MFETHDは、フォークリフト事業とエンジン・過給器事業を2本柱とし、20年度に売上高を1兆円と、15年度の7300億円から大幅に引き上げ、営業利益1000億円の達成を目指す。前川社長は「当社は(三菱重工から)独自に経営できる権限が与えられており、他社との提携も積極的に行いたい」とさらなる再編に前向きだ。
脱「自前主義」の決断
三菱重工が、こうした事業再編を加速したのは、13年に宮永俊一社長が就任してからだ。
戦前から船舶や重機、航空機などを製造する同社は「中小企業の集合体」と呼ばれるほど多くの事業を抱える。製品数も一時は700まで膨らんだ時期もあった。だが、この30年間の売上高は3兆円前後で推移し、成長できずにいた。
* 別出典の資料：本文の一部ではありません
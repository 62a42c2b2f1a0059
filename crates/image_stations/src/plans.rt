//! The state in which an image's ports begin.

ghost use Rattle.std.specs.Prelude.{IfOk, IsOkUnless, IsTrue, OnOk, map, slice_get, ◌++◌, ◌≡◌};
ghost use Rattle.std.specs.List.{list_all};
ghost use Rattle.station.specs.Ports.{is_planned, planned};
ghost use Rattle.image_stations.specs.Holders.{choice_on, ports_of, range_of};
ghost use Rattle.image_stations.specs.Plans.{is_port_seated, is_seated};

use at_base::{Addr, Error, Hw, Range};
use station::PortPlan;
use std::alloc::Global;
use table_image::{Cable, Image, Port};

/// The range of a cable on which a station may have the address.
fn range_at(cables: &[Cable], cable: u8, address: Addr) -> Range
    requires { IsTrue (is_seated cables.now cable address) }
    ensures { result ≡ range_of (slice_get cables.now cable) }
{
    let found = &cables[cable as usize];
    Range::new(found.start, found.end).unwrap()
}

/// A port that begins with its address.
pub(crate) fn plan_of<'a>(image: &Image, cable: u8, address: Addr, hw: Hw) -> PortPlan<'a>
    requires { IsTrue (is_seated image.now.cables cable address) }
    ensures choice { planned result ≡ choice_on image.now cable address hw }
    ensures good { IsTrue (is_planned result) }
{
    PortPlan {
        range: range_at(image.cables(), cable, address),
        hw,
        tries: &[],
        own: Some(address),
    }
}

/// Appends ports that begin with their addresses.
fn put_plans<'a>(plans: &mut Vec<PortPlan<'a>>, image: &Image, ports: &[Port]) -> Result<(), Error>
    requires { IsTrue (list_all (is_port_seated image.now.cables) ports.now) }
    ensures put { OnOk result (map planned plans.new.items
        ≡ map planned plans.old.items ++ ports_of image.now ports.now) }
    ensures good { OnOk result (IsTrue (list_all is_planned plans.old.items)
        → IsTrue (list_all is_planned plans.new.items)) }
    ensures refused { IsOkUnless result Error.Memory }
{
    match ports {
        [] => Ok(()),
        [port, rest @ ..] => {
            let plan = plan_of(image, port.cable, port.address, port.hardware);
            if plans.push(plan).is_err() {
                return Err(Error::Memory);
            }
            put_plans(plans, image, rest)
        }
    }
}

/// The ports of a router, each with its address. Error: `Memory`.
pub(crate) fn plans_of<'a>(
    alloc: Global,
    image: &Image,
    ports: &[Port],
) -> Result<Vec<PortPlan<'a>>, Error>
    requires { IsTrue (list_all (is_port_seated image.now.cables) ports.now) }
    ensures ok { IfOk result (λ plans. map planned plans.items ≡ ports_of image.now ports.now) }
    ensures good { IfOk result (λ plans. IsTrue (list_all is_planned plans.items)) }
    ensures refused { IsOkUnless result Error.Memory }
{
    let mut plans = Vec::new(alloc);
    put_plans(&mut plans, image, ports)?;
    Ok(plans)
}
日立製作所との製鉄機械事業統合を00年にまとめた実績を持つ宮永氏は、トップとなって、社内の各事業に残る“自前主義”の古い体質を徹底的に排除することを決断。「国内市場が右肩下がりになる中で生き残りを図るには海外に活路を見いださざるを得なくなっている」と強調し、売却や統合も含めた事業再編を国内外で積極的に仕掛ける姿勢に転じた。